[Start of section]

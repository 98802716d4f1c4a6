// Why certificates are not joined.
use cert_check::CertFault;

/// Why no whole certificate was written.
#[derive(Clone, Copy, Debug, PartialEq, Eq)]
pub enum Stop {
    /// A certificate could not be read.
    Failed,
    /// The draft could not be written.
    Denied,
    Memory,
    /// The certificates have different headers, or one has none that is read.
    Unlike,
    /// They have too many lemmas with different states.
    Crowded,
    /// The checker refuses what is joined.
    Refused(CertFault),
}

/// Why nothing more of what is joined is written.
#[derive(Clone, Copy, Debug, PartialEq, Eq)]
pub enum Unjoined {
    Memory,
    Unlike,
    Crowded,
}
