// The numbers that lemmas have in the joined certificate.
ghost use Rattle.std.specs.Prelude.{◌≡◌, ◌≢◌, ◌⊎◌, ◌++◌, ◌∷◌, ◌<◌, ◌≤◌, [], ℕ, List, true, false, None, Some, Ok, IfOk, OnOk, length, map, slice_get};
ghost use Rattle.cert_read.specs.CertLine.{CertLine};
ghost use Rattle.cert_read.specs.LineText.{line_text};
ghost use Rattle.cert_joined.specs.Covers.{Cover, AreTextsOf, IsTextOf};
ghost use Rattle.cert_join.specs.Ahead.{AreBefore};
ghost use Rattle.cert_join.specs.Spot.{Spot, IsBefore, IsMark, line_in, rewound};
ghost use Rattle.cert_join.specs.Written.{behind_header};
ghost use Rattle.cert_join.specs.Numbered.{is_tree, line_kind, place_of, EndsPart, IsKnown, IsNumbered, IsNumbering, IsReadingPart, Notes, ReadsLemmas, ReadsPart, TakesLine, TakesNext, TakesState};

use crate::cursor::{Cursor, Mark};
use crate::heads::append_line;
use crate::joiner::Step;
use crate::line::first_word;
use crate::stop::Unjoined;
use std::alloc::{AllocError, Global};
use std::collections::HashMap;
use std::hash::{FoldHasher, Hasher};
use std::mem;

// A certificate has at most so many lemmas.
const MOST_LEMMAS: u32 = 1_048_576;

/// What a line between the header and the main tree is.
#[derive(Clone, Copy, Debug, PartialEq, Eq)]
pub enum Kind {
    /// The first one of a lemma.
    Lemma,
    /// The last one of its state.
    No,
    /// The one before the main tree.
    Tree,
    Other,
}

impl Kind {
    pub fn is_tree(self) -> bool
        ensures { result ≡ is_tree self }
    {
        matches!(self, Kind::Tree)
    }
}

/// Whether the cursor's line stands behind all lemmas, or there is none.
pub fn is_behind(cursor: &Cursor) -> bool
    ensures { (l : CertLine) → line_in cursor.now ≡ Some (line_text l) →
        result ≡ is_tree (line_kind l) }
{
    match cursor.line() {
        Some(line) => kind_of(line).is_tree(),
        None => true,
    }
}

// By its first word.
fn kind_of(line: &[u8]) -> Kind
    ensures { (l : CertLine) → line.now ≡ line_text l → result ≡ line_kind l }
{
    let word = first_word(line);
    if word == b"lemma".as_slice() {
        Kind::Lemma
    } else if word == b"no".as_slice() {
        Kind::No
    } else if word == b"tree".as_slice() {
        Kind::Tree
    } else {
        Kind::Other
    }
}

// The states that were read, each once and with its number.
#[derive(Drop)]
struct Known {
    map: HashMap<Vec<u8>, u32>,
    count: u32,
}

impl Known {
    fn new(alloc: Global) -> Self
        ensures { IsKnown result [] }
    {
        Known {
            map: HashMap::new(alloc),
            count: 0,
        }
    }

    // The number of this state.
    fn find(&self, state: &Vec<u8>) -> Option<u32>
        ensures { (texts : List (List ℕ)) → IsKnown self.now texts →
            result ≡ place_of state.now.items texts }
    {
        self.map.get(state).copied()
    }

    // Gives a new state the next number.
    fn add(&mut self, alloc: Global, state: &[u8]) -> Result<u32, AllocError>
        ensures { (texts : List (List ℕ)) → IsKnown self.old texts →
            place_of state.now texts ≡ None → self.old.count ≤ 1048576 →
            IfOk result (λ n. (n ≡ length texts)
            × IsKnown self.new (texts ++ (state.now ∷ []))) }
    {
        let number = self.count;
        let key = match Vec::from_slice(alloc, state) {
            Ok(key) => key,
            Err(error) => return Err(error),
        };
        match self.map.insert(key, number) {
            Ok(_) => {}
            Err(_) => return Err(AllocError),
        }
        self.count = number.saturating_add(1);
        Ok(number)
    }
}

// Hashes of the lines of trees, for each lemma.
#[derive(Drop)]
struct Hashes {
    trees: Vec<u64>,
    // The lemma whose tree is read, and whether it is a new one.
    lemma: Option<(u32, bool)>,
    tree: FoldHasher,
    // Whether a lemma that stands twice has two trees.
    dropped: bool,
}

// Whether the first tree of the lemma with this number has another hash.
fn is_other(trees: &[u64], number: u32, tree: u64) -> bool
    ensures same { result ≡ false → slice_get trees.now number ≡ Some tree }
    ensures other { result ≡ true → slice_get trees.now number ≢ Some tree }
{
    match trees.get(number as usize) {
        Some(first) => *first != tree,
        None => true,
    }
}

impl Hashes {
    fn new(alloc: Global) -> Self {
        Hashes {
            trees: Vec::new(alloc),
            lemma: None,
            tree: FoldHasher::default(),
            dropped: false,
        }
    }

    // The tree of this lemma comes next.
    fn begin(&mut self, number: u32, is_new: bool) {
        self.lemma = Some((number, is_new));
    }

    // Takes a line of the tree.
    fn take(&mut self, line: &[u8]) {
        self.tree.write(line);
        self.tree.write(b"\n");
    }

    // The tree of the lemma has this hash: that of a new one is kept, and another one is compared with its first.
    fn note(&mut self, tree: u64) -> Result<(), AllocError>
        ensures { OnOk result (Notes tree self.old self.new) }
    {
        match self.lemma {
            Some((_, true)) => match self.trees.push(tree) {
                Ok(()) => Ok(()),
                Err(_) => Err(AllocError),
            },
            Some((number, false)) => {
                self.dropped = self.dropped || is_other(&self.trees, number, tree);
                Ok(())
            }
            None => Ok(()),
        }
    }

    // The tree of a lemma was read whole.
    fn end(&mut self) -> Result<(), AllocError> {
        let tree = self.tree.finish();
        match self.note(tree) {
            Ok(()) => {}
            Err(error) => return Err(error),
        }
        self.lemma = None;
        self.tree = FoldHasher::default();
        Ok(())
    }
}

/// Goes through the lemmas of each certificate once, and numbers them: equal states have one number, in the order in
/// which they come.
#[derive(Drop)]
pub struct Numbering {
    alloc: Global,
    part: usize,
    // Where the lemmas of the certificate begin, once it is begun.
    mark: Option<Mark>,
    is_in_state: bool,
    // The lines of the lemma's state.
    state: Vec<u8>,
    known: Known,
    // The numbers of the certificate's lemmas so far.
    own: Vec<u32>,
    hashes: Hashes,
    /// Of each certificate that was gone through, the number of each of its lemmas.
    pub numbers: Vec<Vec<u32>>,
    /// How many lemmas these have, equal ones once.
    pub count: u32,
    /// Whether one of them that stands twice has two trees, or a line was gone through that no accepted certificate has.
    pub dropped: bool,
}

// Whether a certificate says that it has so many lemmas.
fn has_count(counts: &[u32], part: usize, many: usize) -> bool {
    match counts.get(part) {
        Some(count) => *count as usize == many,
        None => false,
    }
}

// Passes a line of this kind; behind the lemmas it goes back to their beginning.
fn move_on(cursor: &mut Cursor, kind: Kind, mark: Mark)
    ensures back { kind ≡ Kind.Tree → cursor.new ≡ rewound mark }
    ensures on { kind ≢ Kind.Tree → (cert l : List ℕ) (ls : List (List ℕ)) →
        IsBefore cert (l ∷ ls) cursor.old → line_in cursor.old ≡ Some l →
        IsBefore cert ls cursor.new }
{
    match kind {
        Kind::Tree => cursor.rewind(mark),
        _ => cursor.pass(),
    }
}

impl Numbering {
    pub fn new(alloc: Global) -> Self
        ensures { (certs : List (List ℕ)) (covers : List Cover) (spots : List Spot) →
            AreBefore certs (map behind_header covers) spots →
            IsNumbering certs covers result spots }
    {
        Numbering {
            alloc,
            part: 0,
            mark: None,
            is_in_state: false,
            state: Vec::new(alloc),
            known: Known::new(alloc),
            own: Vec::new(alloc),
            hashes: Hashes::new(alloc),
            numbers: Vec::new(alloc),
            count: 0,
            dropped: false,
        }
    }

    // The number of the lemma whose state was read, and whether it is a new one.
    fn numbered(&mut self) -> Result<(u32, bool), AllocError>
        ensures same { self.new ≡ record self.old { known = self.new.known } }
        ensures number { (texts : List (List ℕ)) → IsKnown self.old.known texts →
            self.old.known.count ≤ 1048576 →
            IfOk result (λ x. (after : List (List ℕ))
            × IsNumbered texts self.old.state.items x.0 after × IsKnown self.new.known after) }
    {
        match self.known.find(&self.state) {
            Some(number) => Ok((number, false)),
            None => match self.known.add(self.alloc, &self.state) {
                Ok(number) => Ok((number, true)),
                Err(error) => Err(error),
            },
        }
    }

    // The state of a lemma was read whole.
    fn end_state(&mut self) -> Result<(), AllocError>
        ensures { OnOk result (TakesState self.old.state.items self.old self.new) }
    {
        let (number, is_new) = match self.numbered() {
            Ok(lemma) => lemma,
            Err(error) => return Err(error),
        };
        self.is_in_state = false;
        self.hashes.begin(number, is_new);
        match self.own.push(number) {
            Ok(()) => Ok(()),
            Err(_) => Err(AllocError),
        }
    }

    // Takes a line of a state.
    fn take_state(&mut self, kind: Kind, line: &[u8]) -> Result<(), AllocError>
        requires inside { self.old.is_in_state ≡ true }
        requires later { kind ≢ Kind.Lemma }
        ensures { OnOk result (TakesLine kind line.now self.old self.new) }
    {
        match append_line(&mut self.state, line) {
            Ok(()) => {}
            Err(error) => return Err(error),
        }
        match kind {
            Kind::No => self.end_state(),
            _ => Ok(()),
        }
    }

    // Takes a line of a lemma.
    fn take(&mut self, kind: Kind, line: &[u8]) -> Result<(), AllocError>
        ensures takes { OnOk result (TakesLine kind line.now self.old self.new) }
        ensures odd { kind ≢ Kind.Lemma → self.old.is_in_state ≡ false →
            length self.old.own.items ≡ 0 → self.new.dropped ≡ true }
    {
        match kind {
            Kind::Lemma => {
                match self.hashes.end() {
                    Ok(()) => {}
                    Err(error) => return Err(error),
                }
                self.is_in_state = true;
                self.state.clear();
                Ok(())
            }
            kind if self.is_in_state => self.take_state(kind, line),
            _ => {
                // Before the first lemma none but one that begins a lemma may stand.
                self.dropped = self.dropped || self.own.is_empty();
                self.hashes.take(line);
                Ok(())
            }
        }
    }

    // Where the certificate's lemmas begin.
    fn begun(&mut self, cursor: &Cursor) -> Mark
        ensures same { self.new ≡ record self.old { mark = Some result } }
        ensures mark { (self.old.mark ≡ Some result)
            ⊎ ((self.old.mark ≡ None) × IsMark cursor.now result) }
    {
        match self.mark {
            Some(mark) => mark,
            None => {
                let mark = cursor.mark();
                self.mark = Some(mark);
                mark
            }
        }
    }

    // The certificate's lemmas were read.
    fn end_part(&mut self, counts: &[u32]) -> Result<(), AllocError>
        requires { self.old.part < usize.MAX }
        ensures { OnOk result (EndsPart self.old self.new) }
    {
        match self.hashes.end() {
            Ok(()) => {}
            Err(error) => return Err(error),
        }
        let is_whole = has_count(counts, self.part, self.own.len());
        let own = mem::replace(&mut self.own, Vec::new(self.alloc));
        match self.numbers.push(own) {
            Ok(()) => {}
            Err(_) => return Err(AllocError),
        }
        self.count = self.known.count;
        self.dropped = self.dropped || self.hashes.dropped || !is_whole;
        self.mark = None;
        self.part += 1;
        Ok(())
    }

    // Takes the line that the cursor has, and says what it is. Where there is none the certificate's lemmas end as well.
    fn take_next(&mut self, cursor: &Cursor, counts: &[u32]) -> Result<Kind, Unjoined>
        requires { self.old.part < usize.MAX }
        ensures { (l : CertLine) → line_in cursor.now ≡ Some (line_text l) →
            TakesNext (line_kind l) (line_text l) self.old result self.new }
    {
        let Some(line) = cursor.line() else {
            return match self.end_part(counts) {
                Ok(()) => Ok(Kind::Tree),
                Err(_) => Err(Unjoined::Memory),
            };
        };
        let kind = kind_of(line);
        if kind == Kind::Tree {
            return match self.end_part(counts) {
                Ok(()) => Ok(kind),
                Err(_) => Err(Unjoined::Memory),
            };
        }
        match self.take(kind, line) {
            Ok(()) if self.known.count <= MOST_LEMMAS => Ok(kind),
            Ok(()) => Err(Unjoined::Crowded),
            Err(_) => Err(Unjoined::Memory),
        }
    }

    // Reads one more line of this certificate.
    fn read(&mut self, cursor: &mut Cursor, counts: &[u32]) -> Result<Step, Unjoined>
        requires { self.old.part < usize.MAX }
        ensures { (cert : List ℕ) (before : List (List ℕ)) (c : Cover) → IsTextOf c cert →
            IsReadingPart cert before c self.old cursor.old →
            ReadsPart cert before c self.old result self.new cursor.new }
    {
        let mark = self.begun(cursor);
        if !cursor.is_ready() {
            return Ok(Step::Read(self.part));
        }
        match self.take_next(cursor, counts) {
            Ok(kind) => move_on(cursor, kind, mark),
            Err(unjoined) => return Err(unjoined),
        }
        Ok(Step::On)
    }

    /// Reads one more line, where `counts` says of each certificate how many lemmas it has. Where the lemmas of one are
    /// read it goes back to their beginning.
    pub fn step(&mut self, cursors: &mut [Cursor], counts: &[u32]) -> Result<Step, Unjoined>
        ensures { (certs : List (List ℕ)) (covers : List Cover) → AreTextsOf covers certs →
            IsNumbering certs covers self.old cursors.old →
            ReadsLemmas certs covers result self.new cursors.new }
    {
        let part = self.part;
        if part >= cursors.len() {
            return Ok(Step::Over);
        }
        self.read(&mut cursors[part], counts)
    }
}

[End of section]

Return exactly the lines above from the line that has "result ≡ false" through the line that has "fn begin(&mut self, number: u32, is_new: bool)", inclusive, and nothing else.

● **Output for this exercise**
    ensures same { result ≡ false → slice_get trees.now number ≡ Some tree }
    ensures other { result ≡ true → slice_get trees.now number ≢ Some tree }
{
    match trees.get(number as usize) {
        Some(first) => *first != tree,
        None => true,
    }
}

impl Hashes {
    fn new(alloc: Global) -> Self {
        Hashes {
            trees: Vec::new(alloc),
            lemma: None,
            tree: FoldHasher::default(),
            dropped: false,
        }
    }

    // The tree of this lemma comes next.
    fn begin(&mut self, number: u32, is_new: bool) {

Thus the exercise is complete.